The input jack is to the right of the Thin toggle. The rear skirt has (L to R) reverb out, delay out, feedback in. Delay out just taps the transfer point between reverb and delay. The Feedback in breaks the input to the Feedback pot such that I could insert something between either of the outputs and the Feedback in to modify each repeat.

It won't replace my other delay pedals or rack units, but I just wanted to see if I could do it. I like the modulated delays. Adding a bit of reverb to each repeat is kinda neat too.









Aimish gave me two boxes like this one. Some years back, Jeorge "Mr. Huge" Tripps gave me one of those uber-rare MN3011 multi-tap bucket-brigade chips, like the ones used for the old A/DA STD-1 (below). Once I retire next year, I think I'd like to build a derivative of that unit into the 2nd box. It'd make a helluva stereo chorus.


----------



## Budda (May 29, 2007)

Delay into reverb is just such a nice sound.

Nice work.


----------



## greco (Jul 15, 2007)

mhammer said:


> Once I retire next year, I think I'd like to build....


I have heard you mention this phrase quite a few times now. It seems to me that you had also several projects at various stages of completion when we met in the summer. 

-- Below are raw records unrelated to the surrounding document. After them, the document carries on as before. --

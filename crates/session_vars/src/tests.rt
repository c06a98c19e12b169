use crate::{Identity, identify};
use role_schema::Meta;
use serde_json::Value;
use std::alloc::Global;

const OPEN: &str = "version = 1\ntables = []\n";

const SECRET: &str = "version = 1\nadmin_secret = \"s3cret\"\ntables = []\n";

const EMPTY_SECRET: &str = "version = 1\nadmin_secret = \"\"\ntables = []\n";

const GUEST: &str =
    "version = 1\nadmin_secret = \"s3cret\"\nunauthorized_role = \"guest\"\ntables = []\n";

const OPEN_GUEST: &str = "version = 1\nunauthorized_role = \"guest\"\ntables = []\n";

/// The headers that the cases name, in lower case and as they were sent.
const NAMES: [&str; 10] = [
    "X-Hasura-User-Id",
    "authorization",
    "x-hasura",
    "x-hasura-",
    "x-hasura-admin-secret",
    "x-hasura-role",
    "x-hasura-user-id",
    "x-hasura-É",
    "x-hasura-é",
    "x-hasura_id",
];

/// The role, and each variable that is there.
fn shown(alloc: Global, identity: &Identity) -> Option<String> {
    let Identity::Allowed(session) = identity else {
        return String::from_str(alloc, "forbidden").ok();
    };
    let mut text = String::from_str(alloc, session.role.as_str()).ok()?;
    text.push_str(":").ok()?;
    for name in NAMES {
        if let Some(value) = session.vars.get(name) {
            text.push_str(" ").ok()?;
            text.push_str(name).ok()?;
            text.push_str("=").ok()?;
            text.push_str(value.as_str()).ok()?;
        }
    }
    Some(text)
}

/// Who a payload is, by its text; none where the text is empty.
fn identity(alloc: Global, metadata: &str, payload: &str) -> Option<Identity> {
    let meta = Meta::read(alloc, metadata.as_bytes()).ok()?;
    if payload.is_empty() {
        return identify(alloc, &meta, None).ok();
    }
    let value = Value::from_str(alloc, payload).ok()?;
    identify(alloc, &meta, Some(&value)).ok()
}

fn is_shown(alloc: Global, metadata: &str, payload: &str, want: &str) -> bool {
    match identity(alloc, metadata, payload) {
        Some(identity) => match shown(alloc, &identity) {
            Some(text) => text.as_str() == want,
            None => false,
        },
        None => false,
    }
}

#[test]
fn a_client_is_known_by_its_headers(rt: HostRuntime) {
    let alloc = rt.alloc();
    for (metadata, payload, want) in [
        // no headers
        (OPEN, "", "admin:"),
        (OPEN, "null", "admin:"),
        (OPEN, "[]", "admin:"),
        (OPEN, r#"{"x-hasura-role":"reader"}"#, "admin:"),
        (OPEN, r#"{"headers":null}"#, "admin:"),
        (OPEN, r#"{"headers":["x-hasura-role"]}"#, "admin:"),
        (OPEN, r#"{"headers":{}}"#, "admin:"),
        (OPEN_GUEST, "", "admin:"),
        // names in any case of letters, in ASCII alone
        (
            OPEN,
            r#"{"headers":{"X-HASURA-Role":"Reader","X-Hasura-User-Id":"7"}}"#,
            "Reader: x-hasura-role=Reader x-hasura-user-id=7",
        ),
        (
            OPEN,
            r#"{"headers":{"X-HASURA-É":"v"}}"#,
            "admin: x-hasura-É=v",
        ),
        // of several spellings the greatest by bytes, wherever it stands
        (
            OPEN,
            r#"{"headers":{"x-hasura-user-id":"1","X-Hasura-User-Id":"2"}}"#,
            "admin: x-hasura-user-id=1",
        ),
        (
            OPEN,
            r#"{"headers":{"X-Hasura-User-Id":"1","X-HASURA-USER-ID":"2"}}"#,
            "admin: x-hasura-user-id=1",
        ),
        (
            OPEN,
            r#"{"headers":{"X-HASURA-ROLE":"1","X-Hasura-Role":"2","X-HASURA-Role":"3"}}"#,
            "2: x-hasura-role=2",
        ),
        // values that aren't strings
        (
            OPEN,
            r#"{"headers":{"X-Hasura-Role":"reader","x-hasura-role":1,"x-hasura-user-id":null}}"#,
            "reader: x-hasura-role=reader",
        ),
        (
            OPEN,
            r#"{"headers":{"x-hasura-role":["reader"],"x-hasura-user-id":true}}"#,
            "admin:",
        ),
        // what is no session variable
        (
            OPEN,
            r#"{"headers":{"Authorization":"a","x-hasura":"b","x-hasura-":"c","x-hasura_id":"d"}}"#,
            "admin: x-hasura-=c",
        ),
        (
            OPEN,
            r#"{"headers":{"X-Hasura-Admin-Secret":"any","x-hasura-role":""}}"#,
            ": x-hasura-role=",
        ),
        // a secret
        (SECRET, "", "forbidden"),
        (SECRET, "null", "forbidden"),
        (
            SECRET,
            r#"{"headers":{"x-hasura-role":"reader"}}"#,
            "forbidden",
        ),
        (
            SECRET,
            r#"{"headers":{"X-Hasura-Admin-Secret":"s3cret","x-hasura-role":"reader"}}"#,
            "reader: x-hasura-role=reader",
        ),
        (
            SECRET,
            r#"{"headers":{"x-hasura-admin-secret":"s3cre"}}"#,
            "forbidden",
        ),
        (
            SECRET,
            r#"{"headers":{"x-hasura-admin-secret":"S3CRET"}}"#,
            "forbidden",
        ),
        (
            SECRET,
            r#"{"headers":{"x-hasura-admin-secret":["s3cret"]}}"#,
            "forbidden",
        ),
        (
            SECRET,
            r#"{"headers":{"x-hasura-admin-secret":"no","X-Hasura-Admin-Secret":"s3cret"}}"#,
            "forbidden",
        ),
        (
            SECRET,
            r#"{"headers":{"x-hasura-admin-secret":"s3cret","X-Hasura-Admin-Secret":"no"}}"#,
            "admin:",
        ),
        (EMPTY_SECRET, r#"{"headers":{}}"#, "forbidden"),
        (
            EMPTY_SECRET,
            r#"{"headers":{"x-hasura-admin-secret":""}}"#,
            "admin:",
        ),
        // an unauthorized role
        (GUEST, "", "guest:"),
        (
            GUEST,
            r#"{"headers":{"x-hasura-admin-secret":"no","x-hasura-role":"reader","x-hasura-user-id":"7"}}"#,
            "guest:",
        ),
        (
            GUEST,
            r#"{"headers":{"x-hasura-admin-secret":"s3cret","x-hasura-role":"reader","x-hasura-user-id":"7"}}"#,
            "reader: x-hasura-role=reader x-hasura-user-id=7",
        ),
    ] {
        assert!(rt; is_shown(alloc, metadata, payload, want), "{payload}");
    }
}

I'm thinking that you will not be coming out of your workshop for some fresh air (i.e., no solder fumes) for quite some time. In addition, you can't let your wonderful garden become neglected and you will need to visit Lee Valley often. Things are going to be VERY BUSY!!!


----------



## cboutilier (Jan 12, 2016)

Budda said:


> Delay into reverb is just such a nice sound.
> 
> Nice work.


I find unless I'm hitting a crispy clean amp, I find it gets washed out


----------



## Granny Gremlin (Jun 3, 2016)

5 PT chips? Holy cow.


----------



## High/Deaf (Aug 19, 2009)

greco said:


> I have heard you mention this phrase quite a few times now. It seems to me that you had also several projects at various stages of completion when we met in the summer.
> 
> I'm thinking that you will not be coming out of your workshop for some fresh air (i.e., no solder fumes) for quite some time. In addition, you can't let your wonderful garden become neglected and you will need to visit Lee Valley often. Things are going to be VERY BUSY!!!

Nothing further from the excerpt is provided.